This is very well put! Not only is this true, but I am a victim of this fairly often.

I have difficulty moving past politeness and being nice to people as my personal social stigmata. Often I wondered why people have a hard time getting close. I later discovered that this is exactly why. I try to be nice, but most people view it as a barrier to REALLY get to know me. People often mistake my kindness as a mask and don't quite believe they see me at all.

You're seeing politeness as some form of interactive defect? Politeness isn't something that you just use as an introductive treat and then move beyond. It's part of basic mature interaction. I always try to maintain a form of politness even with friends. One might modify it as familiarity develops but it's not something you just blow off like a missle's nose cone.
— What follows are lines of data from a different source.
impl Small {
    /// A fresh tile, and no frame.
    fn new(alloc: Global) -> Result<Small, Fail> {
        let tile = Tile::fresh(alloc, SMALL)?;
        let undo = UndoStack::new(alloc);
        Ok(Small { tile, undo })
    }

    /// Gives a pixel a depth.
    fn set_depth(&mut self, x: u32, y: u32, depth: u16) -> Result<(), Fail> {
        if x > 1 || y > 1 {
            return Err("a pixel of the tile".into());
        }
        self.tile.set_depth(x, y, depth);
        Ok(())
    }

    /// Draws over a pixel.
    fn draw_over(&mut self, x: u32, y: u32) -> Result<(), Fail> {
        if x > 1 || y > 1 {
            return Err("a pixel of the tile".into());
        }
        self.tile.set(x, y, RED);
        self.set_depth(x, y, 1000)
    }

    /// Begins a frame with room for so many spans and pixels.
    fn begin(&mut self, spans: usize, pixels: usize) -> Result<(), Fail> {
        self.undo.reserve(spans, pixels)?;
        self.undo.begin();
        Ok(())
    }

    /// Keeps some pixels of a row.
    fn keep(&mut self, x: u32, y: u32, old: &[Colour], depths: &[u16]) -> Result<(), Fail> {
        if !has_room(&self.undo, old, depths) || x > 2 || old.len() > (2 - x) as usize || y > 1 {
            return Err("room for pixels of the tile".into());
        }
        self.undo.keep(x, y, old, depths);
        Ok(())
    }

    /// Keeps the whole tile, whose pixels are alike.
    fn push_alike(&mut self, colour: Colour, depth: u16) -> Result<(), Fail> {
        self.undo.push_alike(SMALL, colour, depth)?;
        Ok(())
    }

    /// Puts the top frame back.
    fn undo_top(&mut self) -> Result<(), Fail> {
        if self.undo.frames() == 0 {
            return Err("a frame".into());
        }
        self.undo.undo_top(&mut self.tile);
        Ok(())
    }

    /// Puts frames back down to so many.
    fn undo_to(&mut self, to: usize) -> Result<(), Fail> {
        if to > self.undo.frames() {
            return Err("so many frames".into());
        }
        self.undo.undo_to(to, &mut self.tile);
        Ok(())
    }
}

/// Whether a tile that is made has a row.
fn has_row(tile: &Tile, y: u32) -> bool
    ensures made { IsTrue result → tile.now.made ≡ true }
    ensures row { IsTrue result → HasRow tile.now.place y }
{
    let place = tile.place();
    tile.is_made() && place.top <= y && y - place.top < place.height
}

/// Checks the colours of a row.
fn expect_colours(rt: &impl Abort, tile: &Tile, y: u32, colours: &[Colour]) -> Result<(), Fail> {
    if !has_row(tile, y) {
        return Err("a row of the tile".into());
    }
    assert_eq!(rt; tile.row(y), colours, "row {y}");
    Ok(())
}

/// Checks its depths.
fn expect_depths(rt: &impl Abort, tile: &Tile, y: u32, depths: &[u16]) -> Result<(), Fail> {
    if !has_row(tile, y) {
        return Err("a row of the tile".into());
    }
    assert_eq!(rt; tile.depth_row(y), depths, "row {y}");
    Ok(())
}

/// Checks what a frame keeps of a pixel, for the n-th time.
fn expect_kept(
    rt: &impl Abort,
    undo: &UndoStack,
    frame: usize,
    (x, y, n): (u32, u32, usize),
    pixel: Option<(Colour, u16)>,
) {
    assert_eq!(rt;
        undo.kept(frame, x, y, n),
        pixel,
        "frame {frame}, pixel {x} {y}, {n}"
    );
}

/// Checks that a small tile is fresh, but for its pixel (1, 0), which is 7 deep.
fn expect_as_before(rt: &impl Abort, tile: &Tile) -> Result<(), Fail> {
    expect_colours(rt, tile, 0, &[FRESH, FRESH])?;
    expect_colours(rt, tile, 1, &[FRESH, FRESH])?;
    expect_depths(rt, tile, 0, &[DEEP, 7])?;
    expect_depths(rt, tile, 1, &[DEEP, DEEP])
}

#[test]
fn a_frame_is_put_back(rt: HostRuntime) -> Result<(), Fail> {
    let mut small = Small::new(rt.alloc())?;
    small.set_depth(1, 0, 7)?;
    small.begin(2, 3)?;
    small.keep(0, 0, &[FRESH, FRESH], &[DEEP, 7])?;
    small.keep(1, 1, &[FRESH], &[DEEP])?;
    small.draw_over(0, 0)?;
    small.draw_over(1, 0)?;
    small.draw_over(1, 1)?;
    expect_counts(&rt, &small.undo, 3, 1)?;
    small.undo_top()?;
    expect_counts(&rt, &small.undo, 0, 0)?;
    expect_as_before(&rt, &small.tile)
}

#[test]
fn a_frame_without_pixels_stores_nothing(rt: HostRuntime) -> Result<(), Fail> {
    let mut undo = UndoStack::new(rt.alloc());
    begin(&mut undo, 0, 0)?;
    assert_eq!(rt; undo.frames(), 1);
    let held = undo.store.held();
    assert_eq!(rt; (held.frames, held.spans, held.colours), (0, 0, 0));
    Ok(())
}

#[test]
fn frames_that_are_forgotten_keep_nothing(rt: HostRuntime) -> Result<(), Fail> {
    let mut undo = with_two_frames(rt.alloc())?;
    undo.forget();
    expect_counts(&rt, &undo, 0, 2)?;
    assert_eq!(rt; undo.store.held().frames, 0);
    begin(&mut undo, 1, 1)?;
    keep(&mut undo, 1, 1, &[FRESH], &[DEEP])?;
    expect_kept(&rt, &undo, 1, (0, 0, 0), None);
    expect_kept(&rt, &undo, 2, (1, 1, 0), Some((FRESH, DEEP)));
    Ok(())
}

/// Two frames: one that keeps nothing, and one that keeps pixel (1, 1) twice.
fn with_two_frames(alloc: Global) -> Result<UndoStack, Fail> {
    let mut undo = UndoStack::new(alloc);
    begin(&mut undo, 0, 0)?;
    begin(&mut undo, 3, 4)?;
    keep(&mut undo, 0, 1, &[FRESH, FRESH], &[5, 6])?;
    keep(&mut undo, 1, 1, &[RED], &[6])?;
    keep(&mut undo, 0, 0, &[RED], &[8])?;
    Ok(undo)
}

#[test]
fn what_is_kept_of_a_pixel(rt: HostRuntime) -> Result<(), Fail> {
    let undo = with_two_frames(rt.alloc())?;
    for (frame, x, y, n, pixel) in [
        (1, 1, 1, 0, Some((FRESH, 6))),
        (1, 1, 1, 1, Some((RED, 6))),
        (1, 1, 1, 2, None),
        (1, 0, 1, 0, Some((FRESH, 5))),
        (1, 0, 0, 0, Some((RED, 8))),
        (1, 1, 0, 0, None),
        (0, 1, 1, 0, None),
        (2, 1, 1, 0, None),
    ] {
        expect_kept(&rt, &undo, frame, (x, y, n), pixel);
    }
    Ok(())
}

#[test]
fn what_is_kept_is_added(rt: HostRuntime) -> Result<(), Fail> {
    let undo = with_two_frames(rt.alloc())?;
    let mut kept = Vec::new(rt.alloc());
    for (frame, count) in [(1, 1), (0, 9), (1, 9)] {
        undo.add_kept(frame, (1, 1), count, &mut kept)?;
    }
    assert_eq!(rt;
        kept.as_slice(),
        [(FRESH, 6), (FRESH, 6), (RED, 6)].as_slice()
    );
    Ok(())
}

#[test]
fn equal_colours_are_kept_once(rt: HostRuntime) -> Result<(), Fail> {
    let mut undo = UndoStack::new(rt.alloc());
    begin(&mut undo, 2, 5)?;
    keep(&mut undo, 0, 0, &[RED, RED, RED], &[DEEP, 7, DEEP])?;
    keep(&mut undo, 0, 1, &[RED, FRESH], &[DEEP, DEEP])?;
    assert_eq!(rt; undo.store.held().colours, 3);
    expect_counts(&rt, &undo, 5, 1)?;
    expect_kept(&rt, &undo, 0, (1, 0, 0), Some((RED, 7)));
    expect_kept(&rt, &undo, 0, (1, 1, 0), Some((FRESH, DEEP)));
    Ok(())
}

#[test]
fn equal_depths_are_kept_once(rt: HostRuntime) -> Result<(), Fail> {
    let mut undo = UndoStack::new(rt.alloc());
    begin(&mut undo, 2, 5)?;
    keep(&mut undo, 0, 0, &[RED, RED, RED], &[DEEP, DEEP, DEEP])?;
    assert_eq!(rt; undo.store.held().depths, 0);
    keep(&mut undo, 0, 1, &[RED, RED], &[DEEP, 7])?;
    assert_eq!(rt; undo.store.held().depths, 2);
    expect_kept(&rt, &undo, 0, (2, 0, 0), Some((RED, DEEP)));
    expect_kept(&rt, &undo, 0, (1, 1, 0), Some((RED, 7)));
    Ok(())
}

#[test]
fn whole_rows_are_put_back(rt: HostRuntime) -> Result<(), Fail> {
    let mut small = Small::new(rt.alloc())?;
    small.begin(2, 4)?;
    small.keep(0, 0, &[RED, FRESH], &[DEEP, DEEP])?;
    small.keep(0, 1, &[FRESH, RED], &[DEEP, DEEP])?;
    small.undo_top()?;
    expect_colours(&rt, &small.tile, 0, &[RED, FRESH])?;
    expect_colours(&rt, &small.tile, 1, &[FRESH, RED])?;
    expect_counts(&rt, &small.undo, 0, 0)
}

/// What a clear of depths overwrote on a tile that was flat: after it is put back the tile knows its depth again.
#[test]
fn a_flat_depth_comes_back(rt: HostRuntime) -> Result<(), Fail> {
    let mut small = Small::new(rt.alloc())?;
    small.begin(2, 4)?;
    small.keep(0, 0, &[RED, FRESH], &[DEEP, DEEP])?;
    small.keep(0, 1, &[FRESH, RED], &[DEEP, DEEP])?;
    small.tile.fill_depths(7);
    small.undo_top()?;
    assert_eq!(rt; small.tile.flat_depth(), Some(DEEP));
    expect_colours(&rt, &small.tile, 0, &[RED, FRESH])?;
    expect_depths(&rt, &small.tile, 1, &[DEEP, DEEP])?;
    Ok(())
}

/// Rows that are alike are one span; another colour, another depth, a row that lies elsewhere and another frame are not.
#[test]
fn rows_that_are_alike_are_one_span(rt: HostRuntime) -> Result<(), Fail> {
    let mut small = Small::new(rt.alloc())?;
    small.begin(3, 6)?;
    small.keep(0, 0, &[RED, RED], &[7, 7])?;
    small.keep(0, 1, &[RED, RED], &[7, 7])?;
    assert_eq!(rt;
        (
            small.undo.store.held().spans,
            small.undo.store.held().colours
        ),
        (1, 1)
    );
    small.keep(0, 1, &[RED, RED], &[7, 7])?;
    assert_eq!(rt; small.undo.store.held().spans, 2);
    small.begin(3, 4)?;
    small.keep(0, 0, &[RED], &[7])?;
    small.keep(0, 1, &[FRESH], &[7])?;
    small.keep(1, 0, &[FRESH], &[8])?;
    assert_eq!(rt; small.undo.store.held().spans, 5);
    expect_counts(&rt, &small.undo, 9, 2)?;
    expect_kept(&rt, &small.undo, 0, (1, 1, 1), Some((RED, 7)));
    expect_kept(&rt, &small.undo, 0, (1, 1, 2), None);
    small.undo_top()?;
    expect_colours(&rt, &small.tile, 0, &[RED, FRESH])?;
    expect_depths(&rt, &small.tile, 0, &[7, 8])?;
    small.undo_top()?;
    expect_colours(&rt, &small.tile, 1, &[RED, RED])?;
    expect_depths(&rt, &small.tile, 1, &[7, 7])?;
    expect_counts(&rt, &small.undo, 0, 0)
}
They should have said something.

If I have a problem player, I tell them within minutes, or seconds, of what I feel they did wrong. I don't let it go on for months.

As for snacks, we each bring our own. When we did order pizza, we never asked anyone to contribute who couldn't.

Cheliax

Eh I'm sorta doubting they were budgeting out milk to such an extreme that it would upset the balance of the budgets by having a glass. While its if true that if they didn't want to take thei milk then that person shouldntg have , my point is I'd be embarrassed to even bring it up.

Anyways, maybe I just lived outside of America too long but as host if someone wanted something to drink from the fridge I couldn't see throwing a tantrum over it. Apparently I'm in the minority here. Honestly at some level it makes me think a lotta posters shouldn't host games :/. As a collorary to this if other players find out that he left over that it could make the game uncomfortable. Now this is all predicated in the OP not hiding details, as I myself wonder if there weren't also other things going on that hey didn't want him around for...

Oh no the balance of the cosmos lies on one players ability to not drink milk once every season dear god noooooooooo.

Seriously milk is cheap. Get over it. People are sounding way too tea party over this in my opinion

Qadira

The only relevent answear is the obvious one: you were making your hosts uncomfortable. While being a guest the only way to be a good guest is to be sensitive to your host and not make him feel bad for having you there. If you didn't manage to be awere well enough to their reactions to your actions, you were a bad guest.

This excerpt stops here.